• **Problem requirements**
Show, in full, each line of the data that contains "Where".

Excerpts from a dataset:
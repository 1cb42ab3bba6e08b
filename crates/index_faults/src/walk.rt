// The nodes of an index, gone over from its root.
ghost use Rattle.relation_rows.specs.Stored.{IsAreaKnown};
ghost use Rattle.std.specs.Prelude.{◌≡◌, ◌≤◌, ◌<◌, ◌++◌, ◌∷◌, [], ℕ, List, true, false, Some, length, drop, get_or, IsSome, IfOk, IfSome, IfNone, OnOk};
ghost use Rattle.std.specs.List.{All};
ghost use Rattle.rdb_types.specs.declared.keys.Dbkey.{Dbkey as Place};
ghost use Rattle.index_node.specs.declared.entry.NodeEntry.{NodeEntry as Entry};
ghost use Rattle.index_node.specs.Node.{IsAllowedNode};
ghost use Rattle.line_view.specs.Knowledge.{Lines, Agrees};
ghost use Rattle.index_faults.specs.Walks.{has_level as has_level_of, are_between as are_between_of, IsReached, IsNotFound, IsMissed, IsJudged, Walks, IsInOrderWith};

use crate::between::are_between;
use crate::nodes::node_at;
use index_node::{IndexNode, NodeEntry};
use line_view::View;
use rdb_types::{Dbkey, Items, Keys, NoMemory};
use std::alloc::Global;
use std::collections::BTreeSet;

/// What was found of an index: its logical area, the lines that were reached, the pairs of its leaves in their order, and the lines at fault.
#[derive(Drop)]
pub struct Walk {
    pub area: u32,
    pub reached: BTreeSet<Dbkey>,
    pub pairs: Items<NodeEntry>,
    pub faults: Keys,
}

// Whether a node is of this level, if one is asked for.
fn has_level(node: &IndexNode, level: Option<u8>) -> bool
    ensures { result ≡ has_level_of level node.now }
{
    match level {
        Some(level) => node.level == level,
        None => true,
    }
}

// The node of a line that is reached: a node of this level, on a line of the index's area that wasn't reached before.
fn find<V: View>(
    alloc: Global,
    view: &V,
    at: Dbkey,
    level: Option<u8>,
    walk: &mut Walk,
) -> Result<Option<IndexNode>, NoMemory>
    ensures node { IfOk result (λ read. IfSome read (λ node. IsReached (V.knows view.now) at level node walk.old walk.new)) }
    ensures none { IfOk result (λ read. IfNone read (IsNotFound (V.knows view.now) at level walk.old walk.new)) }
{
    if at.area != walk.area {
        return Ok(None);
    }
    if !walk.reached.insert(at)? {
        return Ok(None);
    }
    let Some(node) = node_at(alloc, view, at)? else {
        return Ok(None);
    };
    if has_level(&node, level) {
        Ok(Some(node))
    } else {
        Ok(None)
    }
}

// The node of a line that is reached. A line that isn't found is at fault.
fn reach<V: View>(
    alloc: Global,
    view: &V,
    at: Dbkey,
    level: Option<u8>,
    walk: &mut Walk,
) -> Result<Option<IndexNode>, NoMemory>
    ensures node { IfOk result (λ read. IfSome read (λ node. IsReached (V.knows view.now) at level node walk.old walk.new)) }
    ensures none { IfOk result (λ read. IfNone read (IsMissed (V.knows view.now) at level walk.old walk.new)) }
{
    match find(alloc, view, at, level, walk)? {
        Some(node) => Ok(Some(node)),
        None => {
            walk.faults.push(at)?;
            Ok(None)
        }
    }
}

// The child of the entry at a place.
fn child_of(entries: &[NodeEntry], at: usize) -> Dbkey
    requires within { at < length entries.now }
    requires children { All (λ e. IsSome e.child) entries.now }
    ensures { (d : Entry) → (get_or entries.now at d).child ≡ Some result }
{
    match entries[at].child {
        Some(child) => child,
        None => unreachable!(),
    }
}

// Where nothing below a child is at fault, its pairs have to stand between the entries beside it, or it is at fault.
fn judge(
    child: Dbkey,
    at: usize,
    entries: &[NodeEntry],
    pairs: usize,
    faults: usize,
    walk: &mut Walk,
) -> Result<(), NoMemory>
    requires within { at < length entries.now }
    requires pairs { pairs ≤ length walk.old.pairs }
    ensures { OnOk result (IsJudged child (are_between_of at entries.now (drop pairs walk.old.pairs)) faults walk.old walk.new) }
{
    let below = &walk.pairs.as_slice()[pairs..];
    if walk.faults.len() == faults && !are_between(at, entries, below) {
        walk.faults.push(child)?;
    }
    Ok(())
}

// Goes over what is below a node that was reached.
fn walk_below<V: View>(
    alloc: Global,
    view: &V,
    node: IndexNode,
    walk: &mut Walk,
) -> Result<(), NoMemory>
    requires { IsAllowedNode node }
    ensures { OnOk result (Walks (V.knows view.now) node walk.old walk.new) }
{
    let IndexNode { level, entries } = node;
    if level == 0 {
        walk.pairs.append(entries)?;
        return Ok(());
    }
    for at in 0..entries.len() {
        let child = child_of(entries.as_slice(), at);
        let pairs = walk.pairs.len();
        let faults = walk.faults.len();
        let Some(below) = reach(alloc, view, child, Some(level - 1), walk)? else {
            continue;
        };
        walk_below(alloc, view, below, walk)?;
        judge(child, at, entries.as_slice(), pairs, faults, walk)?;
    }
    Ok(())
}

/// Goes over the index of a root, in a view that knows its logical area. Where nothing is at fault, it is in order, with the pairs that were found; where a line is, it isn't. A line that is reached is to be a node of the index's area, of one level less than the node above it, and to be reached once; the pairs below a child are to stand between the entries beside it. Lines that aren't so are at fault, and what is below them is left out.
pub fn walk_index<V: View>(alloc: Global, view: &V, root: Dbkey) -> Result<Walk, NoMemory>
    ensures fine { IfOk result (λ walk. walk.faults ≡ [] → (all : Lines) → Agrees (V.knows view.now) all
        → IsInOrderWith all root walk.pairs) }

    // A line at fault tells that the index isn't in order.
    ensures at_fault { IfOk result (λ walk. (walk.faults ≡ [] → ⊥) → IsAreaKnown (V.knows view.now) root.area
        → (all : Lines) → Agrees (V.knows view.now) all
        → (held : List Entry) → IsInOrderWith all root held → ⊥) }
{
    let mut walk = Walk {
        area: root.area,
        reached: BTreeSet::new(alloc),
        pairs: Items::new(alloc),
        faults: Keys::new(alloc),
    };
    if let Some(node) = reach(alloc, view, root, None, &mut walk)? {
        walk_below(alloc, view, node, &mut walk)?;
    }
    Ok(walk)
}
...
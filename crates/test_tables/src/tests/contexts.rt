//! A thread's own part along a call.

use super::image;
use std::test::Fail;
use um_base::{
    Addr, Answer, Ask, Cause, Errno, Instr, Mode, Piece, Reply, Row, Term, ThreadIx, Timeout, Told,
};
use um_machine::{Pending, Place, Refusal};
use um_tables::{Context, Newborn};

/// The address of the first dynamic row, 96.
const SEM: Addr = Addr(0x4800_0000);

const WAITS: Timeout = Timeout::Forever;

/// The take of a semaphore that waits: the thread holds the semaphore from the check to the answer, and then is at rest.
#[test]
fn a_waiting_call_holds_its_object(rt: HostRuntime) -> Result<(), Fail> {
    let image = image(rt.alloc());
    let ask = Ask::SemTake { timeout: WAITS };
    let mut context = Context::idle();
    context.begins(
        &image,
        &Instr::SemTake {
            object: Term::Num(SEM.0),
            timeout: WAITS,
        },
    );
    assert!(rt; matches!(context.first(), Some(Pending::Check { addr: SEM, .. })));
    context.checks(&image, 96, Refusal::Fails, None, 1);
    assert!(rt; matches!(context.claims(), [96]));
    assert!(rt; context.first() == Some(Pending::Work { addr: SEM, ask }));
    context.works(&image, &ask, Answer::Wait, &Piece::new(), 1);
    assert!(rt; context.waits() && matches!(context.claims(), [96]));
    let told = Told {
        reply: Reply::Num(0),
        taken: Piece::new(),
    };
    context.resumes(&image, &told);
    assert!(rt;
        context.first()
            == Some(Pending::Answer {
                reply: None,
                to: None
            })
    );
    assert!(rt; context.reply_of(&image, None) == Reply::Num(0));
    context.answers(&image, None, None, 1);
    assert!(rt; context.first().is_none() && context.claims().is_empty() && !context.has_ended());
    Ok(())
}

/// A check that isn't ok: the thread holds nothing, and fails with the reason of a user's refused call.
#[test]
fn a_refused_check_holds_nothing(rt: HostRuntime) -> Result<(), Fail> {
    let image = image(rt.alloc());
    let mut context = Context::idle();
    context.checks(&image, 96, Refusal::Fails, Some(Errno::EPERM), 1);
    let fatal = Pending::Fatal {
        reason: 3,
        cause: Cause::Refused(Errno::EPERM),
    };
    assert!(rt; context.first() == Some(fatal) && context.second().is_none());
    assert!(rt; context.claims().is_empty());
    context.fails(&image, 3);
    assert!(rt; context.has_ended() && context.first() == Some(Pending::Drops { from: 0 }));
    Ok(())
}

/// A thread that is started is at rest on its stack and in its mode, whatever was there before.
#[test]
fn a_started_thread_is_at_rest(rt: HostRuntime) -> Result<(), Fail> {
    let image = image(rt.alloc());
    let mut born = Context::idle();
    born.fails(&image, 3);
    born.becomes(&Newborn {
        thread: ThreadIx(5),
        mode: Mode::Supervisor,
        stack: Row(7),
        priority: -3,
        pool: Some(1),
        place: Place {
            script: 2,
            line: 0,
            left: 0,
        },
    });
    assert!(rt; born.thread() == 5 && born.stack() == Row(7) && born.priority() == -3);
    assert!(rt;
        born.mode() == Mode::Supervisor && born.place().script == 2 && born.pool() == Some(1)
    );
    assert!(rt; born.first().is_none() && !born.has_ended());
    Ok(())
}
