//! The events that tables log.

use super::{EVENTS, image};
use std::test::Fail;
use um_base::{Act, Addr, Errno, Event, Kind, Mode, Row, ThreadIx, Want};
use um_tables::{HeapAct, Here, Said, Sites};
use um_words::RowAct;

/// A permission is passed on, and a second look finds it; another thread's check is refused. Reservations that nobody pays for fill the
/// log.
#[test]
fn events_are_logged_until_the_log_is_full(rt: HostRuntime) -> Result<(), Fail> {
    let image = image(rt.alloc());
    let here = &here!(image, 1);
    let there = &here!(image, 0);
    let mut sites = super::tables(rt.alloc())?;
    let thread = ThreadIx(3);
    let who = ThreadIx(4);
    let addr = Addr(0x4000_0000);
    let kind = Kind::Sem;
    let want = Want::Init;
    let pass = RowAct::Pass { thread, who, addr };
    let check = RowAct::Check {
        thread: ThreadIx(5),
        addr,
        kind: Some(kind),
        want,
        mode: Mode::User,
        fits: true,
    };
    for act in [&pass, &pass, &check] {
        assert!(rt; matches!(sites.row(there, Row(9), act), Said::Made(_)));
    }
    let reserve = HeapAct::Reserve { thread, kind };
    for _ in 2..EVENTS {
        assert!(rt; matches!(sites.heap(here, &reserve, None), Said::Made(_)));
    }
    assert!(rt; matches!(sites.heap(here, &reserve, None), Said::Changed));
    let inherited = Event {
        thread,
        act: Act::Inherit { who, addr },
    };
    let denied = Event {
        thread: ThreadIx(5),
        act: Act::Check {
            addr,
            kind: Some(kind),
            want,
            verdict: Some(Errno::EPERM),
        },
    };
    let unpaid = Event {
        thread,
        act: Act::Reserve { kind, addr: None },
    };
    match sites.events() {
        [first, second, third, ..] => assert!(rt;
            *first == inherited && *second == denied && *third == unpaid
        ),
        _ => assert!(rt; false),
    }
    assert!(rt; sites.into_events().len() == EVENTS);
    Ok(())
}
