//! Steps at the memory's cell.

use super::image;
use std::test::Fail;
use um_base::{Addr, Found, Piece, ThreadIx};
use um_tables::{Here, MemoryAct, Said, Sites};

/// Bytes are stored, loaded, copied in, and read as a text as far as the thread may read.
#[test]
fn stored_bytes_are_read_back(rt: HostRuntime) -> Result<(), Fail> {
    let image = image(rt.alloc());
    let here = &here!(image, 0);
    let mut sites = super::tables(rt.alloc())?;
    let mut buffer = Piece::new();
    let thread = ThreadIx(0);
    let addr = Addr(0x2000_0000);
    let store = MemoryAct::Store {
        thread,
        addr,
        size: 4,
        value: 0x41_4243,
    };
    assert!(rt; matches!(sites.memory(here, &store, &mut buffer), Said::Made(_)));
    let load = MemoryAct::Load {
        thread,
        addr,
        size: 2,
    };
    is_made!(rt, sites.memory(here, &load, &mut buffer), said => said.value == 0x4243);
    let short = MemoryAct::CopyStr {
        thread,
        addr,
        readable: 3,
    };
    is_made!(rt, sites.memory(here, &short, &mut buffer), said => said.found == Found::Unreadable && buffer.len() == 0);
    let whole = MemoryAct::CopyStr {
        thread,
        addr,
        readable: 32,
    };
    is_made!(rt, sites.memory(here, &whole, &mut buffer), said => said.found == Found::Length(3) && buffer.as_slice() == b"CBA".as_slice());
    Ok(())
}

• **Your response**
// Where nothing below a child is at fault, its pairs have to stand between the entries beside it, or it is at fault.
/// Goes over the index of a root, in a view that knows its logical area. Where nothing is at fault, it is in order, with the pairs that were found; where a line is, it isn't. A line that is reached is to be a node of the index's area, of one level less than the node above it, and to be reached once; the pairs below a child are to stand between the entries beside it. Lines that aren't so are at fault, and what is below them is left out.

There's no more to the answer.